今年下半年,谢鞋村将加大种养业投入,扩大生产以提高贫困户收入,计划承包面积达30亩的荔枝园,并饲养生鸡1万只;与佛山市内某湛江鸡饭店签订购销合同,将生鸡定点销往该饭店,以此创造收益。
》对比整合实现帮扶效益最大化
在6日下午召开的禅廉两地扶贫工作联席会议上,针对下阶段扶贫工作,刘东豪强调,要利用现有资源,运用“大数据”思维开展扶贫。
他首先指出,无论是贫困村还是富裕村,在“资源”面前是平等的。谢鞋村要充分利用好人力、自然、市场三大资源,提升整合资源和利用资源的能力。从“人力资源”入手,村委会及驻村干部要对全村人力情况进行深化摸底,分析贫困的原因,对不同类型的贫困户因户施策;从“自然资源”入手,要了解当地的自然环境以及风土人情;从“市场资源”入手,则要综合考量市场需要什么,从而采取合适的方式开展扶贫工作。
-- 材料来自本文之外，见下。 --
//! Marks of the clock, and those who wait at the cells.

ghost use Rattle.std.specs.Prelude.{◌≡◌};

use super::{image, tables, waiter};
use std::test::Fail;
use um_base::{Addr, Answer, Ask, Errno, Reply, Row, ThreadIx, Timeout};
use um_service::{Outcome, Woken};
use um_tables::{FutexWait, FutexWake, Here, Look, Said, Seeker, Sites, Waiting};
use um_words::Mark;

/// The address of the object that the tests are about.
const OBJECT: Addr = Addr(0x4000_0000);

const WAITER: ThreadIx = ThreadIx(2);

/// A mark is given once, behind the tick to its deadline, and only if it is settled.
#[test]
fn a_settled_mark_is_given_once(rt: HostRuntime) -> Result<(), Fail> {
    let image = image(rt.alloc());
    let here = &here!(image, 0);
    let mut sites = tables(rt.alloc())?;
    let mark = Mark::Timer(Row(3));
    let other = Mark::Timer(Row(4));
    is_made!(rt, sites.arm(here, WAITER, 7, other), deadline => deadline == 7);
    is_made!(rt, sites.arm(here, WAITER, 5, mark), deadline => deadline == 5);
    is_made!(rt, sites.settle(here, 5, mark), () => true);
    assert!(rt; matches!(sites.give(here), Said::Busy));
    is_made!(rt, sites.tick(here, WAITER), () => true);
    is_made!(rt, sites.give(here), given => given == (5, mark));
    assert!(rt; matches!(sites.give(here), Said::Busy));
    is_made!(rt, sites.tick(here, WAITER), () => true);
    assert!(rt; matches!(sites.give(here), Said::Busy));
    assert!(rt; matches!(sites.tick(here, WAITER), Said::Busy));
    is_made!(rt, sites.settle(here, 7, other), () => true);
    is_made!(rt, sites.give(here), given => given == (7, other));
    Ok(())
}

/// The scheduler counts the marks that are owed.
#[test]
fn what_is_owed_is_paid(rt: HostRuntime) -> Result<(), Fail> {
    let image = image(rt.alloc());
    let here = &here!(image, 0);
    let mut sites = tables(rt.alloc())?;
    assert!(rt; matches!(sites.pay(here), Said::Busy));
    is_made!(rt, sites.owe(here), () => true);
    is_made!(rt, sites.pay(here), () => true);
    assert!(rt; matches!(sites.pay(here), Said::Busy));
    Ok(())
}

/// A look at the cell of that object for the waiter, which was aborted when its word had this number.
fn aborted(before: u32) -> Look {
    Look::Aborted {
        thread: ThreadIx(0),
        who: WAITER,
        before,
    }
}

/// A look finds an aborted thread that waits by an older note, and takes it out once.
#[test]
fn a_look_finds_who_waits_by_an_older_note(rt: HostRuntime) -> Result<(), Fail> {
    let image = image(rt.alloc());
    let here = &here!(image, 0);
    let mut sites = tables(rt.alloc())?;
    let mut outcome = Outcome::new();
    let cell = Waiting::Object(Row(3));
    let init = waiter(&Ask::SemInit { count: 0, limit: 1 });
    is_made!(rt, sites.work(here, Row(3), OBJECT, &init, 0, &mut outcome), () => outcome.answer == Answer::Now(Reply::Num(0)));
    let take = waiter(&Ask::SemTake {
        timeout: Timeout::Forever,
    });
    is_made!(rt, sites.work(here, Row(3), OBJECT, &take, 6, &mut outcome), () => outcome.answer == Answer::Wait);
    is_made!(rt, sites.look(here, cell, &aborted(6)), found => !found);
    is_made!(rt, sites.look(here, cell, &aborted(7)), found => found);
    is_made!(rt, sites.look(here, cell, &aborted(7)), found => !found);
    Ok(())
}

/// An address where no futex is.
const NOWHERE: Addr = Addr(0x2000_0000);

/// A wait there.
fn wait(allowed: bool) -> FutexWait
    ensures { result.seeker.thread.0 ≡ 2 }
{
    FutexWait {
        seeker: seeker(None),
        addr: NOWHERE,
        value: 0,
        allowed,
        timeout: Timeout::Forever,
    }
}

/// A wake there.
fn wake(allowed: bool) -> FutexWake {
    FutexWake {
        thread: WAITER,
        addr: NOWHERE,
        allowed,
        all: true,
    }
}

/// Where no futex is, a call on one is told so, but only if it may read there.
#[test]
fn a_call_on_no_futex_is_refused(rt: HostRuntime) -> Result<(), Fail> {
    let image = image(rt.alloc());
    let here = &here!(image, 0);
    let mut sites = tables(rt.alloc())?;
    let mut woken = Woken::new();
    let forbidden = Answer::Now(Reply::Fail(Errno::EACCES));
    let invalid = Answer::Now(Reply::Fail(Errno::EINVAL));
    is_made!(rt, sites.futex_wait(here, &wait(false)), said => said == forbidden);
    is_made!(rt, sites.futex_wake(here, &wake(false), &mut woken), said => said == forbidden);
    is_made!(rt, sites.futex_wait(here, &wait(true)), said => said == invalid);
    is_made!(rt, sites.futex_wake(here, &wake(true), &mut woken), said => said == invalid);
    Ok(())
}

/// The waiter, whose call armed this deadline, by a note of the number 3.
pub fn seeker(until: Option<u64>) -> Seeker
    ensures { result.thread.0 ≡ 2 }
{
    Seeker {
        thread: WAITER,
        priority: 0,
        until,
        noted: 3,
    }
}
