// Releases, as they are listed and as they wait in the queue.
ghost use Rattle.std.specs.Prelude.{◌≡◌, ◌+◌, ◌^◌, ◌≤◌, true};
ghost use Rattle.rows.specs.Releases.{timely};
ghost use Rattle.ahead.specs.Waiting.{first_due, later, release};

use rows::memory::Task;

/// A task is released at this tick.
#[derive(Clone, Copy, PartialEq, Eq, Debug)]
pub struct Release {
    pub tick: u64,
    pub tag: u16,
}

/// A release that waits in the queue, by tick and then by tag; the task's next one is a period later.
#[derive(Clone, Copy, PartialEq, Eq, PartialOrd, Ord)]
pub struct Due {
    pub tick: u64,
    pub tag: u16,
    pub period: u32,
}

impl Due {
    // A task's first release after the tick.
    pub(crate) fn first(task: &Task, tick: u32) -> Due
        requires { timely tick task.now ≡ true }
        ensures value { result ≡ first_due tick task.now }
        ensures near { result.tick ≤ tick + result.period }
    {
        Due {
            tick: task.next_release(tick).unwrap(),
            tag: task.tag,
            period: task.period,
        }
    }

    // The task's next release.
    pub(crate) fn later(self) -> Due
        requires { self.tick ≤ 2 ^ 63 }
        ensures { result ≡ later self }
    {
        Due {
            tick: self.tick + u64::from(self.period),
            ..self
        }
    }
}

impl From<Due> for Release {
    ghost from_gives = { λ due listed. listed ≡ release due };

    fn from(due: Due) -> Release {
        Release {
            tick: due.tick,
            tag: due.tag,
        }
    }
}
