// The releases ahead of a tick, in order.
// Each place of the list holds the first release after the one before it; the queue's memory is lent, and left in any order.
// Whether the rows are those of a board is left to the crates above.
#![tactic(auto)]

ghost use Rattle.std.specs.Prelude.{◌≡◌, ℕ, ◌^◌, ◌<◌, ◌≤◌, true, List, map, length, None, MatchResult};
ghost use Rattle.std.specs.List.Sorted.{IsPermutation};
ghost use Rattle.std.specs.List.{AllByRecursion};
ghost use Rattle.rows.specs.Tests.{all};
ghost use Rattle.rows.specs.Releases.{timely};
ghost use Rattle.rows.specs.declared.memory.Task.{Task as Row};
ghost use Rattle.queue.specs.Held.{held};
ghost use Rattle.queue.specs.Order.{Heaped};
ghost use Rattle.ahead.specs.Ahead.{answer_ahead, Ahead};
ghost use Rattle.ahead.specs.Waiting.{by_tick, first_due, Table, Waiting};

use crate::release::{Due, Release};
use queue::Queue;
use rows::keyed::is_rising;
use rows::memory::Task;
use rows::refusal::Refusal;

pub mod release;

/// Places of a list of releases at the most.
const MOST_PLACES: usize = 65536;

/// Fills the places with the next releases of the tasks after a tick, by tick and then by tag.
/// Refuses, in this order: rows that are not in order of tag, or have no period or a first release after the tick; no
/// row; more than 65,536 places, or less queue memory than rows.
pub fn fill_ahead(
    rows: &[Task],
    tick: u32,
    memory: &mut [Due],
    places: &mut [Release],
) -> Result<(), Refusal>
    ensures answer { result ≡ answer_ahead rows.now tick (length memory.old) (length places.old) }
    ensures list { MatchResult result (λ _. Ahead rows.now tick places.new) (λ _. (places.new ≡ places.old) × (memory.new ≡ memory.old)) }
{
    if !is_rising(rows) || !are_timely(rows, tick) {
        return Err(Refusal::Memory);
    }
    if rows.is_empty() {
        return Err(Refusal::NoTask);
    }
    if places.len() > MOST_PLACES || memory.len() < rows.len() {
        return Err(Refusal::Places);
    }
    let mut queue = Queue::open(memory);
    gather(&mut queue, rows, tick);
    fill(&mut queue, places);
    Ok(())
}

// Whether each task has a period and was released by the tick.
fn are_timely(rows: &[Task], tick: u32) -> bool
    ensures { result ≡ all (timely tick) rows.now }
{
    rows.iter().all(|task| task.next_release(tick).is_some())
}

// Puts each task's first release after the tick into the empty queue.
fn gather(queue: &mut Queue<'_, Due>, rows: &[Task], tick: u32)
    requires timely { all (timely tick) rows.now ≡ true }
    requires empty { length (held queue.old) ≡ 0 }
    requires room { length rows.now ≤ length queue.old.memory.now }
    ensures items { IsPermutation (map (first_due tick) rows.now) (held queue.new) }
    ensures order { Heaped by_tick (held queue.new) }
    ensures near { AllByRecursion (λ d. d.tick ≤ 2 ^ 33) (held queue.new) }
{
    for task in rows {
        let _ = queue.insert(Due::first(task, tick));
    }
}

// Lists the releases that wait, each task's next one coming for the one listed.
fn fill(queue: &mut Queue<'_, Due>, places: &mut [Release])
    requires some { 0 < length (held queue.old) }
    requires near { AllByRecursion (λ d. d.tick ≤ 2 ^ 33) (held queue.old) }
    requires few { length places.old ≤ 65536 }
    ensures { (ts : List Row) (tick : ℕ) → Table ts → Heaped by_tick (held queue.old) → Waiting ts tick None (held queue.old) → Ahead ts tick places.new }
{
    for place in places.iter_mut() {
        let Some(first) = queue.first() else {
            return;
        };
        *place = first.into();
        let _ = queue.replace_first(first.later());
    }
}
利用好资源是前提,接下来就要运用“大数据”的思维开展扶贫。刘东豪指出,可以考虑把现有的劳动力和现有资源进行整合,算出每种帮扶项目所带来的收益,经过对比后,就能知道采用哪种帮扶方式最能解决实际问题。经过量化后,再实行模式化,最终使得效益最大化。
廉江市委书记林海武对刘东豪所提出的观点表示赞同,并代表廉江市政府感谢禅城区政府对廉江脱贫工作给予的帮助。“廉江有57条贫困村,禅城区帮扶了其中46条。两年多来,禅城区共投入帮扶资金3.15亿元,扶贫工作取得了显著成效。”
林海武同时强调,能否脱贫,被帮扶的主体才是决定因素。各贫困村村干部及村民,要戒除“等、靠、要”的懒惰思想,牢固树立“脱贫是自己的责任”意识,借助禅城区的大力帮扶,深入开展脱贫工作。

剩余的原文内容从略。